Excellent. Thank you very much. I want to hand over this question actually to Garry, who's in team has the algorithms for developing sort of biologics by design -- by discovery are currently being developed. Garry?
Yes. Thanks for the question. I mean, we're really excited about the way that we can introduced biologics into our AI design platform and Professor [indiscernible] has been working to build out the algorithms and all the technology to actually drive that forward. We're still at the point where we're developing a robust process and we're starting to run our first pilot project. So I think we're a little bit away from talking about a molecule in the clinic right now. But what I can tell you is we are developing actually, I'd say, world-leading capabilities in the areas of predicting structure and being able to do generative design into the antibody space.
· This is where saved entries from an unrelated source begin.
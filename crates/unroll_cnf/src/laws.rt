//! Laws of the queries, each the contract of a function that does nothing.

ghost use Rattle.unroll_cnf.specs.Laws.{BaseMeans, StepMeans, KeepMeans, BaseRunsAreStoodFor, StepRunsAreStoodFor, KeepRunsAreStoodFor};

/// The base query of `k` edges is satisfied exactly by the assignments that stand for a run of `k`
/// edges from the start that is bad at its last edge.
pub fn base_query_means()
    ensures { BaseMeans }
{}

/// The step query of `k` edges is satisfied exactly by the assignments that stand for a run of `k + 1`
/// edges from a state that meets the set, good at the first `k` and bad at the last.
pub fn step_query_means()
    ensures { StepMeans }
{}

/// The keep query is satisfied exactly by the assignments that stand for an edge from a state that
/// meets the set to one that doesn't.
pub fn keep_query_means()
    ensures { KeepMeans }
{}

/// Each run of the base query is stood for by an assignment that satisfies it.
pub fn base_runs_are_stood_for()
    ensures { BaseRunsAreStoodFor }
{}

/// Each run of the step query is stood for by an assignment that satisfies it.
pub fn step_runs_are_stood_for()
    ensures { StepRunsAreStoodFor }
{}

/// Each edge that the keep query asks for is stood for by an assignment that satisfies it.
pub fn keep_runs_are_stood_for()
    ensures { KeepRunsAreStoodFor }
{}
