//! The tokens that the rows of the grammar ask for, and the levels of operators (IEEE 1364-2005, 5.1).

ghost use Rattle.std.specs.Prelude.{◌≡◌};
ghost use Rattle.vlog_tree.specs.Terminals.{level_among, binary_levels};
ghost use Rattle.vlog_tree.specs.Terminals as spec;

use crate::token::{VToken, VTokenKind};

impl VToken {
    /// The mark with these bytes.
    pub fn is_mark(&self, bytes: &[u8]) -> bool
        ensures { result ≡ spec.is_mark bytes.now self.now }
    {
        self.kind == VTokenKind::Mark && self.text.as_bytes() == bytes
    }

    /// The word with these bytes.
    pub fn is_word(&self, bytes: &[u8]) -> bool
        ensures { result ≡ spec.is_word bytes.now self.now }
    {
        self.kind == VTokenKind::Word && self.text.as_bytes() == bytes
    }

    /// A system function of the subset: `$clog2`, `$signed` or `$unsigned`.
    #[tactic(auto, unfolding(crate::specs::Terminals::is_function))]
    pub fn is_function(&self) -> bool
        ensures { result ≡ spec.is_function self.now }
    {
        let bytes = self.text.as_bytes();
        let is_listed = (bytes == b"$clog2".as_slice())
            | (bytes == b"$signed".as_slice())
            | (bytes == b"$unsigned".as_slice());
        self.kind == VTokenKind::System && is_listed
    }

    /// A unary operator.
    #[tactic(auto, unfolding(crate::specs::Terminals::is_unary))]
    pub fn is_unary(&self) -> bool
        ensures { result ≡ spec.is_unary self.now }
    {
        self.kind == VTokenKind::Mark
            && matches!(
                self.text.as_bytes(),
                b"+" | b"-" | b"!" | b"~" | b"&" | b"~&" | b"|" | b"~|" | b"^" | b"~^" | b"^~"
            )
    }

    /// The level of a binary operator, from 1 for the one that binds tightest to 11; 0 of any other token.
    #[tactic(auto, unfolding(crate::specs::Terminals::level_of))]
    pub fn level(&self) -> u8
        ensures { result ≡ spec.level_of self.now }
    {
        if self.kind == VTokenKind::Mark {
            level_of_mark(self.text.as_bytes())
        } else {
            0
        }
    }
}

/// The level of a binary operator with these bytes; 0 where there is none.
pub fn level_of_mark(bytes: &[u8]) -> u8
    ensures { result ≡ level_among binary_levels 1 bytes.now }
{
    match bytes {
        b"**" => 1,
        b"*" | b"/" | b"%" => 2,
        b"+" | b"-" => 3,
        b"<<" | b">>" | b"<<<" | b">>>" => 4,
        b"<" | b"<=" | b">" | b">=" => 5,
        b"==" | b"!=" | b"===" | b"!==" => 6,
        b"&" => 7,
        b"^" | b"^~" | b"~^" => 8,
        b"|" => 9,
        b"&&" => 10,
        b"||" => 11,
        _ => 0,
    }
}
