//! Clauses over latches.

ghost use Rattle.std.specs.Prelude.{◌≡◌, ◌≢◌, [], ◌∷◌, IfOk};
ghost use Rattle.std.specs.List.{list_any};
ghost use Rattle.gate_graph.specs.Values.{at};
ghost use Rattle.unroll_cnf.specs.Latches.{AreApart, holds, meets};

use crate::latch_literal::LatchLiteral;
use std::alloc::{AllocError, Global};
use std::marker::Model;
use std::vec::Vec;

/// Whether the state has the value of this number, false past its end.
fn value_in(state: &[bool], latch: u32) -> bool
    ensures { result ≡ at state.now latch }
{
    state.get(latch as usize).copied().unwrap_or(false)
}

/// Whether the literal holds in the state.
fn holds_in(state: &[bool], literal: LatchLiteral) -> bool
    ensures { result ≡ holds state.now literal }
{
    let value = value_in(state, literal.latch);
    if literal.negated { !value } else { value }
}

/// Whether one of the literals holds in the state.
fn any_holds(state: &[bool], literals: &[LatchLiteral]) -> bool
    ensures { result ≡ list_any (holds state.now) literals.now }
{
    literals.iter().any(|literal| holds_in(state, *literal))
}

/// Latch literals, no literal twice. A state meets the clause where latch 0, `live`, is 0, or where
/// one of the literals holds. It is seen as the list of its literals.
#[derive(Debug, Drop)]
pub struct LatchClause {
    literals: Vec<LatchLiteral>,
}

impl Model for LatchClause {
    ghost use Rattle.std.specs.Prelude.{List};
    ghost use Rattle.unroll_cnf.specs.declared.latch_literal.LatchLiteral.{LatchLiteral};

    ghost Value = { List LatchLiteral };

    ghost use Rattle.unroll_cnf.specs.Latches.{AreApart};

    ghost view = { λ d. d.literals.items };

    ghost invariant = { λ d. AreApart d.literals.items };
}

impl LatchClause {
    /// The clause of these literals.
    pub fn of(literals: Vec<LatchLiteral>) -> LatchClause
        requires apart { AreApart literals.items }
        ensures { result ≡ literals.items }
    {
        LatchClause { literals }
    }

    /// The clause of one literal.
    #[tactic(auto, using(crate::proofs::ClauseLemmas::apart_one))]
    pub fn one(alloc: Global, literal: LatchLiteral) -> Result<LatchClause, AllocError>
        ensures { IfOk result (λ d. d ≡ literal ∷ []) }
    {
        let mut literals = Vec::new(alloc);
        literals.push(literal)?;
        Ok(LatchClause { literals })
    }

    /// The clause of two literals of different latches.
    #[tactic(auto, using(crate::proofs::ClauseLemmas::apart_two))]
    pub fn two(
        alloc: Global,
        first: LatchLiteral,
        second: LatchLiteral,
    ) -> Result<LatchClause, AllocError>
        requires different { first.latch ≢ second.latch }
        ensures { IfOk result (λ d. d ≡ first ∷ second ∷ []) }
    {
        let mut literals = Vec::new(alloc);
        literals.push(first)?;
        literals.push(second)?;
        Ok(LatchClause { literals })
    }

    /// Whether the state, one value for each latch, meets the clause.
    #[tactic(auto, unfolding(crate::specs::Latches::meets))]
    pub fn meets(&self, state: &[bool]) -> bool
        ensures { result ≡ meets state.now self.now }
    {
        !value_in(state, 0) || any_holds(state, self.literals.as_slice())
    }

    /// Its literals.
    pub fn as_slice(&self) -> &[LatchLiteral]
        ensures value { result.now ≡ self.now }
        ensures apart { AreApart self.now }
    {
        self.literals.as_slice()
    }
}
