//! Literals over latches.

/// A latch by its number, counted from 0, or its negation.
#[derive(Clone, Copy, Debug, PartialEq, Eq, Drop)]
pub struct LatchLiteral {
    pub latch: u32,
    pub negated: bool,
}
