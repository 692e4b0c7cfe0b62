//! The nodes of latches and inputs, by their numbers.

ghost use Rattle.std.specs.Prelude.{◌≡◌, ◌+◌, ◌^◌, ◌<◌, ◌≤◌, [], ◌∷◌, ◌++◌, IfOk, OnOk};
ghost use Rattle.unroll_cnf.specs.Queries.{latch_places, input_places};

use gate_graph::{Circuit, Node};
use std::alloc::{AllocError, Global};
use std::vec::Vec;

/// Adds the node's number, if it is a latch.
fn push_latch_place(places: &mut Vec<u32>, i: u32, node: Node) -> Result<(), AllocError>
    ensures { OnOk result (places.new.items ≡ places.old.items ++ latch_places i (node ∷ [])) }
{
    match node {
        Node::Latch(_) => {
            places.push(i)?;
            Ok(())
        }
        Node::Zero | Node::Input(_) | Node::And(_, _) => Ok(()),
    }
}

/// The numbers of the latch nodes, in the order of the latches.
pub(crate) fn latch_nodes(alloc: Global, circuit: &Circuit) -> Result<Vec<u32>, AllocError>
    ensures { IfOk result (λ p. p.items ≡ latch_places 0 circuit.now.graph) }
{
    let mut places = Vec::new(alloc);
    for i in 0..circuit.graph.size() {
        push_latch_place(&mut places, i, circuit.graph.node(i))?;
    }
    Ok(places)
}

/// Adds the node's number, if it is an input.
fn push_input_place(places: &mut Vec<u32>, i: u32, node: Node) -> Result<(), AllocError>
    ensures { OnOk result (places.new.items ≡ places.old.items ++ input_places i (node ∷ [])) }
{
    match node {
        Node::Input(_) => {
            places.push(i)?;
            Ok(())
        }
        Node::Zero | Node::Latch(_) | Node::And(_, _) => Ok(()),
    }
}

/// The numbers of the input nodes, in the order of the inputs.
pub(crate) fn input_nodes(alloc: Global, circuit: &Circuit) -> Result<Vec<u32>, AllocError>
    ensures { IfOk result (λ p. p.items ≡ input_places 0 circuit.now.graph) }
{
    let mut places = Vec::new(alloc);
    for i in 0..circuit.graph.size() {
        push_input_place(&mut places, i, circuit.graph.node(i))?;
    }
    Ok(places)
}
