//! Tokens of Verilog (IEEE 1364-2005, clause 3).

ghost use Rattle.std.specs.Prelude.{◌≡◌, true};
ghost use Rattle.vlog_tree.specs.Spelling.{is_token};

use bit_base::place::Place;
use bit_base::text::Text;
use sqlite_items::Items;
use std::alloc::{AllocError, Global};

/// What kind of token a text is.
#[derive(Clone, Copy, Debug, PartialEq, Eq, Drop)]
pub enum VTokenKind {
    /// A letter or `_`, then letters, digits, `_` and `$`, but no word of the grammar.
    Name,
    /// A word of the grammar.
    Word,
    /// A number: decimal digits, or `'`, a base and its digits, with or without a size before it.
    Number,
    /// `$` and a name.
    System,
    /// A mark, such as `(`, `+:` or `<<<`.
    Mark,
}

/// A token: its kind, its bytes, and the place where it begins or at which it is counted.
#[derive(Debug, Drop)]
pub struct VToken {
    pub kind: VTokenKind,
    pub text: Text,
    pub place: Place,
    pub ghost spelled: { is_token kind text ≡ true },
}

impl VToken {
    ghost use Rattle.std.specs.Prelude.{◌≡◌};
    ghost use Rattle.std.specs.Result.{IfOk};
    ghost use Rattle.vlog_tree.specs.declared.token.VTokenKind.TheVariants.{Name, Number};
    ghost use Rattle.vlog_tree.specs.Tokens.{is_text, is_kind};

    /// The same token once more.
    pub fn copy(&self, alloc: Global) -> Result<VToken, AllocError>
        ensures { IfOk result (λ token. token ≡ self.now) }
    {
        self.copy_at(alloc, self.place)
    }

    /// The same token at another place.
    pub fn copy_at(&self, alloc: Global, place: Place) -> Result<VToken, AllocError>
        ensures { IfOk result (λ token. token ≡ record { kind = self.now.kind; text = self.now.text; place = place; spelled = self.now.spelled }) }
    {
        Ok(VToken {
            kind: self.kind,
            text: self.text.copy(alloc)?,
            place,
        })
    }

    /// The mark, the word or the name with these bytes.
    pub fn is_text(&self, bytes: &[u8]) -> bool
        ensures { result ≡ is_text bytes.now self.now }
    {
        self.text.as_bytes() == bytes
    }

    /// A token of this kind.
    pub fn is_kind(&self, kind: VTokenKind) -> bool
        ensures { result ≡ is_kind kind self.now }
    {
        self.kind == kind
    }
}

/// The tokens of a text in order, and the place after its last byte.
#[derive(Debug, Drop)]
pub struct VTokens {
    pub list: Items<VToken>,
    pub end: Place,
}
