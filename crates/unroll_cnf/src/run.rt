//! Runs of a circuit.

use std::vec::Vec;

/// A run of a circuit: the first state, one value for each latch, and the inputs at each edge, one
/// value for each input.
#[derive(Debug, Drop)]
pub struct CircuitRun {
    pub start: Vec<bool>,
    pub inputs: Vec<Vec<bool>>,
}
In terms of growing the pipeline, we certainly are now looking to think about how we might bring forward sort of our first programs going at and actually how then we start to map the antibodies or the capabilities we've been built and actually to sort of our key of [indiscernible] sort of focus. One exciting thing is that we've already demonstrated is that our precision medicine platform actually also works as antibodies as well as small molecules. And that's a key thing then that allows us then to think about how then as we head towards the clinic, we can also bring to bear our precision medicine technology and I think that's going to bring a unique differentiator as well actually in this particular field for these modalities.
The next question is from Steve with Morgan Stanley.
This is Gaspar [ph] on for Vikram. I have a question regarding your PKC program. So for the PKC data program in partnership with BMS, I was wondering how much visibility and control do you have now into the path forward for this molecule and how it might progress through early stage development?
So this is Dave Hallett. Thank you for that question. So in terms of public visibility because BMS in-license that particular program, they both now control the clinical development of that project but also obviously, kind of public disclosures that are related to that. As a trusted partner, a partner GSE [ph] we will receive kind of updates on that program ourselves. But just to reiterate to everyone who's on the call is that particular asset has begun a healthy human volunteer study in the United States in the early part of this year. And we look forward to kind of receiving updates from BMS as they progress.
We have no further questions at this time. We'll turn it back to the presenters for any closing remarks.
Thank you, Chris. As Exscientia's CEO and founder, I am proud to see our company number 2 [ph] into an end-to-end precision medicines business, spanning from discovery into early development and supported at each stage by innovative technology platforms. Our goal is to be as innovative in the clinic as we have been in discovery. Our remarkable progress to date is a testament for the strength of the company. Thank you to everyone today on the call for your continued support and on our journey and for joining us today and we look forward to continuing to share our progress with you throughout the year.
Operator, you may now disconnect.
Thank you. Ladies and gentlemen, this concludes today's conference call. Thank you for participating.